What is required
Everything before the line containing "that are left." is to be left out; repeat that line and all lines after it exactly, to the end of the data.

════════

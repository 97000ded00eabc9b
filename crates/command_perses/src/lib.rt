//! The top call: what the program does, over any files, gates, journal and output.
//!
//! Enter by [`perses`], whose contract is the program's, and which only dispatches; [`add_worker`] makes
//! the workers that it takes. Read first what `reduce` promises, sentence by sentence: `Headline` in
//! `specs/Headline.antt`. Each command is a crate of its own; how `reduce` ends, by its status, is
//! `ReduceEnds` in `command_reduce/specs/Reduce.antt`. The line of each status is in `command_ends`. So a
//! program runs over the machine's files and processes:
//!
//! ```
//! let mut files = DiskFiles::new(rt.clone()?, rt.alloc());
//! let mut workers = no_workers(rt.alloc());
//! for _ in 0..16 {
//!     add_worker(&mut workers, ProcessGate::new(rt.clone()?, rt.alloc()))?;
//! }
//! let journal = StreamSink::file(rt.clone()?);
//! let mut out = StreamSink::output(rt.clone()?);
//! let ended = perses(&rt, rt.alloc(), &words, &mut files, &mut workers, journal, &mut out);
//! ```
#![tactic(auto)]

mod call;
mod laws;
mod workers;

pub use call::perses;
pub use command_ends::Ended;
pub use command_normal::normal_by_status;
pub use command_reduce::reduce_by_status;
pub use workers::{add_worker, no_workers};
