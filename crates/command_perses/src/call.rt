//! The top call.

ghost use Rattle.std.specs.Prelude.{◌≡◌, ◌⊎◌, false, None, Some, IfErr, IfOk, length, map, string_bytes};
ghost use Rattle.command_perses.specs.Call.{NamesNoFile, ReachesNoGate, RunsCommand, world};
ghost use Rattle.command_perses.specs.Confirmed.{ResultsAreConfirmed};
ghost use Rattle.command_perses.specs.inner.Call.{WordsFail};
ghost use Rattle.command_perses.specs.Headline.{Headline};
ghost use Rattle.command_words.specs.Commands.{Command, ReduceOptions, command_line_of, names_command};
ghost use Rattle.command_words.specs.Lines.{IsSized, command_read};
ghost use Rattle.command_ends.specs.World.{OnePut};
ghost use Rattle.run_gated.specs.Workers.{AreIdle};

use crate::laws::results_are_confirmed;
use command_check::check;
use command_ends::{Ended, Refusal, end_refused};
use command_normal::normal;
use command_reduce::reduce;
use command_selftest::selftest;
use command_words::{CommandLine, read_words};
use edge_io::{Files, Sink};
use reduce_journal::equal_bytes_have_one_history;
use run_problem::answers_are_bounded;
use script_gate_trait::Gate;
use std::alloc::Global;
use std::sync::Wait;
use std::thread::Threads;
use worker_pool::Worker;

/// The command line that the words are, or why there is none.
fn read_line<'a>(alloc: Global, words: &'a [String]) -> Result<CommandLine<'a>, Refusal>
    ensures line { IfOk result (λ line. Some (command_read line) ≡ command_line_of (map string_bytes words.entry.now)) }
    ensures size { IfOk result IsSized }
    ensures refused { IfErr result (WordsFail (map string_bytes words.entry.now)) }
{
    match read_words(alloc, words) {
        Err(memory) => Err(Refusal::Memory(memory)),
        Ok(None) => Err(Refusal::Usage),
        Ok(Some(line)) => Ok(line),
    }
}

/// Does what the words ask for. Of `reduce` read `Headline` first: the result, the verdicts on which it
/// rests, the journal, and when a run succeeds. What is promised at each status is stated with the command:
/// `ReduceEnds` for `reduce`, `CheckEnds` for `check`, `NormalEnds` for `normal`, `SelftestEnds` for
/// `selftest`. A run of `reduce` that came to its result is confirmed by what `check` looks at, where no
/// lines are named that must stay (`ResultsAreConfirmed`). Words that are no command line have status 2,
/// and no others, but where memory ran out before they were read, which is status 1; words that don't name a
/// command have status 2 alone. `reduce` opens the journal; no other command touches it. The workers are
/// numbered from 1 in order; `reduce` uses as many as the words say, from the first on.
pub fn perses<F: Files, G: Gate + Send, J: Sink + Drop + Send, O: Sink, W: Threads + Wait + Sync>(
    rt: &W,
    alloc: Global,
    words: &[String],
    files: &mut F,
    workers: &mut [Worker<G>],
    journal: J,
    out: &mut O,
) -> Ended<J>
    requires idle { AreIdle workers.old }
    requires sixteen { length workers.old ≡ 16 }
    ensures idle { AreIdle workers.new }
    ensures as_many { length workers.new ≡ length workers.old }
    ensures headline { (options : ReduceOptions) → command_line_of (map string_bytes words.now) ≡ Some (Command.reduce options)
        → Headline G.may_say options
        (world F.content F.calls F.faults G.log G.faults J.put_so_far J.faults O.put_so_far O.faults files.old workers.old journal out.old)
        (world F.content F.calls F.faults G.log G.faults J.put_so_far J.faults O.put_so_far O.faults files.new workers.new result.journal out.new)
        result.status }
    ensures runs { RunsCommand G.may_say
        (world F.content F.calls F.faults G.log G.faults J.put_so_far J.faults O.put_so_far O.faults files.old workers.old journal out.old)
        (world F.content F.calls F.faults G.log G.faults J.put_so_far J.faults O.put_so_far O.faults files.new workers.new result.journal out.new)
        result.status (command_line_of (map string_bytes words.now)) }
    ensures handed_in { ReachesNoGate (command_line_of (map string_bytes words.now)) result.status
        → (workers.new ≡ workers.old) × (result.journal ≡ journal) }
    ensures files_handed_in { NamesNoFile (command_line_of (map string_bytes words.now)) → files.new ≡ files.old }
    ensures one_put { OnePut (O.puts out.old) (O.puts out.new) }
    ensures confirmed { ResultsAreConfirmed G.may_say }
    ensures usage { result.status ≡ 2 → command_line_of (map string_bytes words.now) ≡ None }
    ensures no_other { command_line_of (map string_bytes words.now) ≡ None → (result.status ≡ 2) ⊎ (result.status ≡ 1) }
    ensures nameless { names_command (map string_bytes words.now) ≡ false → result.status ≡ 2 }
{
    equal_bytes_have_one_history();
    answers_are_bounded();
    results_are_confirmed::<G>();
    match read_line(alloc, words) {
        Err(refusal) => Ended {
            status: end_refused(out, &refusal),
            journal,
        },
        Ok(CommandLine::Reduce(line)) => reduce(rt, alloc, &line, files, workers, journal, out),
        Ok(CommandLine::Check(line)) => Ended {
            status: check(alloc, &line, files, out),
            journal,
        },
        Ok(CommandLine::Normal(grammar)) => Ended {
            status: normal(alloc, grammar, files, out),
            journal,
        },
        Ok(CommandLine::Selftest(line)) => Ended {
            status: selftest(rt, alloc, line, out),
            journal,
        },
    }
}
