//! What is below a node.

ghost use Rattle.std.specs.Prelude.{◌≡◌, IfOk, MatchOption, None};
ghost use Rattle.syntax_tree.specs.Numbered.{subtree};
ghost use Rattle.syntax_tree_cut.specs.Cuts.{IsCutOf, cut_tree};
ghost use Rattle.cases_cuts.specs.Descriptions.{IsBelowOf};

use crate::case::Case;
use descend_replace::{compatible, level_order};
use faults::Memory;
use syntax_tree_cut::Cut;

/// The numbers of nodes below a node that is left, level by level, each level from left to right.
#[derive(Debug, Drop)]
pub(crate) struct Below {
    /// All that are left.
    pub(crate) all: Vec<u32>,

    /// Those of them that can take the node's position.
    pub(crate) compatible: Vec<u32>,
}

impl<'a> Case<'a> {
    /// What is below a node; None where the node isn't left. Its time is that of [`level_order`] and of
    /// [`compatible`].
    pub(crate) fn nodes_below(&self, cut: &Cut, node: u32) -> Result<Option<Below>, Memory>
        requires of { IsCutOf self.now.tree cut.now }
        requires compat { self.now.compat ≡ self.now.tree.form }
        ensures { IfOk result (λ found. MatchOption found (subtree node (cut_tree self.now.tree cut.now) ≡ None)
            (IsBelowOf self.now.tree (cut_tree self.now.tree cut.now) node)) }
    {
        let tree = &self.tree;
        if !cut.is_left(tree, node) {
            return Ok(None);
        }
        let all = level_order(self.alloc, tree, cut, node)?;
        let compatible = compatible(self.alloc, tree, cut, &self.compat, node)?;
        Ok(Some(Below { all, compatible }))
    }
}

════════

Output for this exercise
    /// All that are left.
    pub(crate) all: Vec<u32>,

    /// Those of them that can take the node's position.
    pub(crate) compatible: Vec<u32>,
}

impl<'a> Case<'a> {
    /// What is below a node; None where the node isn't left. Its time is that of [`level_order`] and of
    /// [`compatible`].
    pub(crate) fn nodes_below(&self, cut: &Cut, node: u32) -> Result<Option<Below>, Memory>
        requires of { IsCutOf self.now.tree cut.now }
        requires compat { self.now.compat ≡ self.now.tree.form }
        ensures { IfOk result (λ found. MatchOption found (subtree node (cut_tree self.now.tree cut.now) ≡ None)
            (IsBelowOf self.now.tree (cut_tree self.now.tree cut.now) node)) }
    {
        let tree = &self.tree;
        if !cut.is_left(tree, node) {
            return Ok(None);
        }
        let all = level_order(self.alloc, tree, cut, node)?;
        let compatible = compatible(self.alloc, tree, cut, &self.compat, node)?;
        Ok(Some(Below { all, compatible }))
    }
}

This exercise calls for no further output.